======== Extracted data

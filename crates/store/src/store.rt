ghost use Rattle.store.specs.Store.{pair_at};
ghost use Rattle.std.specs.Prelude.{◌≡◌, ℕ, List, length, slice_index, slice_set};

/// A store is known by the list of its bytes. Reading alters none; writing alters one and no other; neither refuses.
pub trait Store {
    ghost bytes: { Self → List ℕ };

    // What it stands on, as numbers of its own choice: no write alters them.
    ghost footing: { Self → List ℕ };

    fn read(&self, address: u16) -> u8
        ensures { result ≡ slice_index (bytes self.now) address };

    /// The two bytes of the halfword in which the address lies.
    fn read_half(&self, address: u16) -> [u8; 2]
        ensures { result ≡ pair_at (bytes self.now) address };

    fn write(&mut self, address: u16, byte: u8)
        ensures bytes { bytes self.new ≡ slice_set (bytes self.old) address byte }
        ensures footing { footing self.new ≡ footing self.old };

    ghost full: { (store : Self) → length (bytes store) ≡ 65536 };
}
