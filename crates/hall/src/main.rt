// The program that a person runs: it reads a script from standard input, one command a line, carries each command out on
// the library, and answers it on standard output. It ends with status 1 where some line was a bad line.
#![tactic(auto)]

#[cfg(test)]
mod tests;

ghost use Rattle.std.specs.Prelude.{◌≡◌, if◌then◌else◌, is_ok};
ghost use Rattle.std.specs.Process.{exit_status};

use session::script::Script;
use std::alloc::Global;
use std::io;
use std::io::{BufWriter, ErrorKind, Read, Write};
use std::process::ExitCode;

// How many bytes are read at once, at most.
const CHUNK: usize = 16_384;

// The system's number for a stream that is not open.
const NOT_OPEN: i32 = 9;

// Reads what has come and answers the lines that end in it. False at the end of the input.
fn answer_chunk<R: Read, W: Write>(
    input: &mut R,
    chunk: &mut Vec<u8>,
    script: &mut Script,
    out: &mut W,
) -> io::Result<bool> {
    match input.read(chunk.as_mut_slice()) {
        Ok(0) => Ok(false),
        Ok(count) => {
            script.take(&chunk.as_slice()[0..count], out)?;
            Ok(true)
        }
        // Where there is no standard input, the script is empty.
        Err(error) if error.raw_os_error() == Some(NOT_OPEN) => Ok(false),
        Err(error) if error.kind() == ErrorKind::Interrupted => Ok(true),
        Err(error) => Err(error),
    }
}

// Carries out the script that a reader gives, to its end.
fn read_script<R: Read, W: Write>(heap: Global, input: &mut R, out: &mut W) -> io::Result<()> {
    let mut chunk = vec![in heap; 0u8; CHUNK]?;
    let mut script = Script::new(heap);
    // Nothing says that an input ends, and every function must.
    for _ in 0..u64::MAX {
        if !answer_chunk(input, &mut chunk, &mut script, out)? {
            return script.end(out);
        }
    }
    Err(io::Error::other("the input does not end"))
}

fn run(rt: &HostRuntime) -> io::Result<()> {
    let mut input = rt.stdin();
    let mut out = BufWriter::new(rt.alloc(), rt.stdout())?;
    read_script(rt.alloc(), &mut input, &mut out)
}

// Status 0 where the whole script was carried out and no line was a bad line, else 1 and the reason on standard error.
fn status(rt: &HostRuntime, ran: io::Result<()>) -> ExitCode
    ensures { exit_status result ≡ (if is_ok ran then 0 else 1) }
{
    match ran {
        Ok(()) => ExitCode::SUCCESS,
        Err(error) => {
            let _ = eprintln!(rt; "hall: {error}");
            ExitCode::FAILURE
        }
    }
}

fn main(rt: HostRuntime) -> ExitCode {
    status(&rt, run(&rt))
}
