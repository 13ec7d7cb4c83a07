use numbers::channel::Channel;
use numbers::place::Place;

// A LOAD or MP piece that was sent and whose last reply has not landed yet.
#[derive(Clone, Copy)]
pub struct Piece {
    pub channel: Channel,
    // where its next reply lands
    pub next: Place,
    // how many replies are still due, at least one
    pub due: u8,
    // no other piece of its program follows
    pub last: bool,
}
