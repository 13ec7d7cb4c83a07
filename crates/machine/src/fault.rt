ghost use Rattle.std.specs.Prelude.{◌≡◌};
ghost use Rattle.machine.specs.Faults.{channel_told};
ghost use Rattle.machine.specs.declared.fault.ChannelFault.TheVariants.{NoChannel, NoPlace, Program, Sheet};

use numbers::channel::NoChannel;
use numbers::layer::Layer;
use numbers::place::NoPlace;
use numbers::refusal::Refusal;
use program::fault::ProgramFault;
use sheet::fault::SheetFault;

// What a call of the mover is refused for.
#[derive(Clone, Copy, PartialEq, Eq, Debug)]
pub enum ChannelFault {
    // 1: the channel is above 15
    NoChannel,
    // 2: the place is above 255
    NoPlace,
    // 3 to 7, with number, detail and layer as they were
    Program(ProgramFault),
    // 8 and 9, with number, detail and layer as they were
    Sheet(SheetFault),
    // 21: no channel is free
    NoneFree,
    // 22: the channel is not reserved
    Unreserved,
    // 23: the channel runs
    Running,
    // 24: the mover is quiet
    Quiet,
    // 25: a place is empty; the detail is the first such place
    Empty(u32),
    // 26: the channel does not run
    NotRunning,
}

impl Refusal for ChannelFault {
    ghost told = { channel_told };

    fn number(&self) -> u32 {
        match *self {
            ChannelFault::NoChannel => 1,
            ChannelFault::NoPlace => 2,
            ChannelFault::Program(fault) => fault.number(),
            ChannelFault::Sheet(fault) => fault.number(),
            ChannelFault::NoneFree => 21,
            ChannelFault::Unreserved => 22,
            ChannelFault::Running => 23,
            ChannelFault::Quiet => 24,
            ChannelFault::Empty(_) => 25,
            ChannelFault::NotRunning => 26,
        }
    }

    fn detail(&self) -> u32 {
        match *self {
            ChannelFault::Program(fault) => fault.detail(),
            ChannelFault::Sheet(fault) => fault.detail(),
            ChannelFault::Empty(place) => place,
            _ => 0,
        }
    }

    fn layer(&self) -> Layer {
        match *self {
            ChannelFault::Program(fault) => fault.layer(),
            ChannelFault::Sheet(fault) => fault.layer(),
            _ => Layer::Channel,
        }
    }
}

impl From<NoChannel> for ChannelFault {
    ghost from_gives = { λ _ r. r ≡ NoChannel };

    fn from(_: NoChannel) -> ChannelFault {
        Self::NoChannel
    }
}

impl From<NoPlace> for ChannelFault {
    ghost from_gives = { λ _ r. r ≡ NoPlace };

    fn from(_: NoPlace) -> ChannelFault {
        Self::NoPlace
    }
}

impl From<ProgramFault> for ChannelFault {
    ghost from_gives = { λ fault r. r ≡ Program fault };

    fn from(fault: ProgramFault) -> ChannelFault {
        ChannelFault::Program(fault)
    }
}

impl From<SheetFault> for ChannelFault {
    ghost from_gives = { λ fault r. r ≡ Sheet fault };

    fn from(fault: SheetFault) -> ChannelFault {
        ChannelFault::Sheet(fault)
    }
}
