use crate::fault::ChannelFault;
use numbers::channel::Channel;
use numbers::place::Place;

// What a turn landed.
#[derive(Clone, Copy)]
pub enum Landing {
    Nothing,
    NotYet,
    // where a reply landed, and whether it brought a word
    Reply(Channel, Place, bool),
}

// What a turn sent: for which channel, and how many requests.
#[derive(Clone, Copy)]
pub struct Service {
    pub channel: Channel,
    pub requests: u8,
}

// What a turn did: the landing, and then the service.
#[derive(Clone, Copy)]
pub struct Turned {
    pub landing: Landing,
    pub service: Option<Service>,
}

// What a call answers.
#[derive(Clone, Copy)]
pub enum Answer {
    Refused(ChannelFault),
    Done,
    Given(Channel),
    Word(u32),
    Turned(Turned),
}
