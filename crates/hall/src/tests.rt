use crate::{read_script, status};
use commands::trouble::Trouble;
use session::script::Script;
use session::session::Session;
use std::alloc::Global;
use std::process::{Abort, ExitCode};
use std::test::Fail;

fn refuses(rt: &impl Abort, heap: Global, line: &[u8]) -> Result<(), Fail> {
    let mut out = Vec::new(heap);
    match Session::new(heap).answer(line, &mut out) {
        Err(Trouble::BadLine) => {
            assert!(rt; out.is_empty());
            Ok(())
        },
        _ => Err(Fail::new("not a bad line")),
    }
}

#[test]
fn bad_lines(rt: HostRuntime) -> Result<(), Fail> {
    let lines: [&[u8]; 12] = [
        b"programs 0 0 0",
        b"Program 0 0 0",
        b"program 0 0",
        b"program 0 0 0 0",
        b"program 0 0 -1",
        b"program 0 0 4294967296",
        b"program 0 0 0\r",
        b"pieces\t0 0 0",
        b"join xor 1 2",
        b"join and 1 2 #",
        b"memory",
        b"\xff\x00",
    ];
    for line in lines {
        refuses(&rt, rt.alloc(), line)?;
    }
    Ok(())
}

#[test]
fn bad_piles(rt: HostRuntime) -> Result<(), Fail> {
    let lines: [&[u8]; 20] = [
        b"memory flat 1",
        b"memory flat [1",
        b"memory flat 1]",
        b"memory flat [1]]",
        b"memory flat [[1]",
        b"memory flat [1] 2",
        b"memory flat 3 [1]",
        b"memory [1]",
        b"memory hollow [1]",
        b"memory flat [1:2]",
        b"memory flat [1*]",
        b"memory flat [*1]",
        b"memory flat [1*2*3]",
        b"memory flat [1*4294967296]",
        b"memory catalogue [1]",
        b"memory catalogue [1:2:3]",
        b"memory spread flat [1]",
        b"memory route 1 flat [1]",
        b"memory route 1 flat [1] flat [2] flat [3]",
        b"memory route 1 flat [1] spread 3 flat [2]",
    ];
    for line in lines {
        refuses(&rt, rt.alloc(), line)?;
    }
    Ok(())
}

#[test]
fn lines_are_counted(rt: HostRuntime) -> Result<(), Fail> {
    let mut out = Vec::new(rt.alloc());
    let mut script = Script::new(rt.alloc());
    script.take(b"# first\n\njo", &mut out)?;
    script.take(b"in add 1 2\nwrong\n  \nnone", &mut out)?;
    assert!(rt; script.end(&mut out).is_err());
    assert_eq!(rt;
        out.as_slice(),
        b"word 3\nerror line 4\nerror line 6\n".as_slice()
    );
    Ok(())
}

// A refusal of the library is an answer, so a script that meets some, and has no bad line, ends well.
#[test]
fn refusals_are_answers(rt: HostRuntime) -> Result<(), Fail> {
    let mut out = Vec::new(rt.alloc());
    let mut script = Script::new(rt.alloc());
    script.take(
        b"program 2097152 0 0\nmemory spread 2 flat [1]\n# none\nmemory flat [1]\nmover\nlook 0 0\n",
        &mut out,
    )?;
    script.take(b"reserve\nlook 0 256", &mut out)?;
    assert!(rt; script.end(&mut out).is_ok());
    assert_eq!(rt;
        out.as_slice(),
        b"refused 3 detail 21 layer words\nrefused 43 detail 0 layer memory\nmemory ready\nmover ready\n\
          refused 22 detail 0 layer channel\nchannel 0\nrefused 2 detail 0 layer channel\n"
            .as_slice()
    );
    Ok(())
}

// The same of the program, as far as it goes on a reader and a writer: with a bad line its status is 1, and without one 0.
#[test]
fn statuses(rt: HostRuntime) -> Result<(), Fail> {
    let mut out = Vec::new(rt.alloc());
    let mut good: &[u8] = b"memory flat [0]\njoin add 1 2";
    let ended = read_script(rt.alloc(), &mut good, &mut out);
    assert!(rt; status(&rt, ended) == ExitCode::SUCCESS);
    let mut bad: &[u8] = b"memory flat [0]\nnone\n";
    let ended = read_script(rt.alloc(), &mut bad, &mut out);
    assert!(rt; status(&rt, ended) == ExitCode::FAILURE);
    assert_eq!(rt;
        out.as_slice(),
        b"memory ready\nword 3\nmemory ready\nerror line 2\n".as_slice()
    );
    Ok(())
}

// A line that asks for a memory or a mover that is not there is a bad line, and changes nothing.
#[test]
fn what_is_not_there(rt: HostRuntime) -> Result<(), Fail> {
    let mut out = Vec::new(rt.alloc());
    let mut script = Script::new(rt.alloc());
    script.take(
        b"send LOAD 0\nmover\nmemory flat [8]\nreserve\nsend LOAD\nwaiting\nmover\n",
        &mut out,
    )?;
    script.take(
        b"send LOAD 0\ntake\nwaiting\nmover\nturn 0\nfill 0 0A\nfill 0 012\nreserve\n",
        &mut out,
    )?;
    assert_eq!(rt;
        out.as_slice(),
        b"error line 1\nerror line 2\nmemory ready\nerror line 4\nerror line 5\nwaiting 0\nmover ready\n\
          error line 8\nerror line 9\nerror line 10\nerror line 11\nerror line 12\nerror line 13\nerror line 14\nchannel 0\n"
            .as_slice()
    );
    Ok(())
}
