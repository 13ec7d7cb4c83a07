ghost use Rattle.std.specs.Prelude.{◌≡◌};
ghost use Rattle.machine.specs.Calls.{stored};

use operators::mode::Mode;
use program::kind::Program;

// The conditions of a channel.
#[derive(Clone, Copy, Default)]
pub struct Flags {
    pub reserved: bool,
    pub running: bool,
    // a reply came without a word
    pub error: bool,
    // a stop was accepted
    pub stop: bool,
}

// How many requests of the channel's program were sent, and how many replies have landed.
#[derive(Clone, Copy, Default)]
pub struct Counts {
    pub sent: u16,
    pub landed: u16,
}

// A program in plain numbers: a rule of the project, so that a record is data alone. The word is a single's own, and 0 where the
// program has none.
#[derive(Clone, Copy)]
pub struct Stored {
    pub single: bool,
    pub mode: Mode,
    pub first: u8,
    pub last: u8,
    pub cell: u32,
    pub word: u32,
}

// All that the mover keeps of one channel. A place of the window holds a word or is empty.
#[derive(Clone, Copy)]
pub struct Record {
    pub flags: Flags,
    pub counts: Counts,
    pub program: Stored,
    pub window: [Option<u32>; 256],
}

impl From<Program> for Stored {
    ghost from_gives = { λ program r. r ≡ stored program };

    fn from(program: Program) -> Stored {
        match program {
            Program::Block(block) => Stored {
                single: false,
                mode: block.mode,
                first: block.range.first().0,
                last: block.range.last().0,
                cell: block.cell.0,
                word: 0,
            },
            Program::Single(single) => Stored {
                single: true,
                mode: single.action.mode(),
                first: single.place.0,
                last: single.place.0,
                cell: single.cell.0,
                word: single.action.word().unwrap_or(0),
            },
        }
    }
}
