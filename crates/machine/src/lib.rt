// The mover's state in plain types, and what each of its calls does, as definitions.
#![tactic(auto)]

pub mod answer;
pub mod fault;
pub mod piece;
pub mod record;
pub mod state;
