use crate::piece::Piece;
use crate::record::Record;
use numbers::channel::Channel;
use queue::line::Queue;

// All that the mover keeps, but for the hall memory.
#[derive(Clone, Copy)]
pub struct State {
    pub records: [Record; 16],
    // the channels that wait for service, first come first served
    pub singles: Queue<Channel, 16>,
    pub blocks: Queue<Channel, 16>,
    // the pieces in flight, the oldest first
    pub flight: Queue<Piece, 4>,
    pub quiet: bool,
    // the previous service was of a single
    pub after_single: bool,
}
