//! Proxy lists and the order in which their proxies are tried. A table of calls with their answers.
//!
//! The cases are those in which docs/PROXIES.md decides what a list is. It reads them from its input, and stands on
//! proxy_list and bad_proxy_table.
#![tactic(auto)]

use anyhow::{Context, Result, bail};
use bad_proxy_table::BadTable;
use case_rows::text;
use proxy_list::{Proxy, parse_entry, parse_list, write_entry};
use std::alloc::Global;

fn main(rt: HostRuntime) -> Result<()> {
    case_rows::run(&rt, answer)
}

fn answer(alloc: Global, part: &str, fields: &[&str]) -> Result<String> {
    match part {
        "lists" => listed(alloc, fields),
        "entries" => read(alloc, fields),
        "orders" => ordered(alloc, fields),
        "bad proxies" => is_bad(alloc, fields),
        _ => bail!("no part {part}"),
    }
}

/// The proxies of a list.
fn listed(alloc: Global, fields: &[&str]) -> Result<String> {
    let [list] = fields else {
        bail!("a list");
    };
    let proxies = parse_list(alloc, &text(alloc, list)?)?;
    written(alloc, proxies.as_slice())
}

/// The entry that a text is, if it can be read.
fn read(alloc: Global, fields: &[&str]) -> Result<String> {
    let [entry] = fields else {
        bail!("an entry");
    };
    match parse_entry(alloc, &text(alloc, entry)?)? {
        Some(proxy) => written(alloc, &[proxy]),
        None => Ok(String::from_str(alloc, "none")?),
    }
}

/// The proxies of a list in the order in which they are tried at a moment, after some reports.
fn ordered(alloc: Global, fields: &[&str]) -> Result<String> {
    let [list, moment, reports @ ..] = fields else {
        bail!("a list, a moment and reports");
    };
    let table = reported(alloc, reports)?;
    let list = parse_list(alloc, &text(alloc, list)?)?;
    let ordered = table.order(alloc, &list, moment.parse::<i64>()?)?;
    written(alloc, ordered.as_slice())
}

/// Whether a proxy is bad at a moment, after some reports.
fn is_bad(alloc: Global, fields: &[&str]) -> Result<String> {
    let [entry, moment, reports @ ..] = fields else {
        bail!("an entry, a moment and reports");
    };
    let table = reported(alloc, reports)?;
    let bad = table.is_bad(&proxy(alloc, entry)?, moment.parse::<i64>()?);
    Ok(format!(in alloc; "{bad}")?)
}

/// The table after reports, each of which is `fail` or `good`, a moment and an entry.
fn reported(alloc: Global, reports: &[&str]) -> Result<BadTable> {
    let mut table = BadTable::new(alloc);
    for report in reports {
        let (word, rest) = report.split_once(' ').context("a report")?;
        let (moment, entry) = rest.split_once(' ').context("a moment and an entry")?;
        let moment = moment.parse::<i64>()?;
        let proxy = proxy(alloc, entry)?;
        match word {
            "fail" => table.failed(alloc, &proxy, moment)?,
            "good" => table.worked(alloc, &proxy, moment)?,
            _ => bail!("fail or good"),
        }
    }
    Ok(table)
}

fn proxy(alloc: Global, entry: &str) -> Result<Proxy> {
    parse_entry(alloc, &text(alloc, entry)?)?.context("an entry")
}

/// The entries, parted by commas.
fn written(alloc: Global, proxies: &[Proxy]) -> Result<String> {
    let mut bytes = Vec::new(alloc);
    for proxy in proxies {
        if !bytes.is_empty() {
            bytes.extend_from_slice(b", ")?;
        }
        write_entry(alloc, proxy, &mut bytes)?;
    }
    Ok(String::from_utf8(bytes)?)
}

================

Assignment
The answer should be an exact copy of the lines from the one containing "for proxy in" through the last line of the entries, both included.

Exercise response
    for proxy in proxies {
        if !bytes.is_empty() {
            bytes.extend_from_slice(b", ")?;
        }
        write_entry(alloc, proxy, &mut bytes)?;
    }
    Ok(String::from_utf8(bytes)?)
}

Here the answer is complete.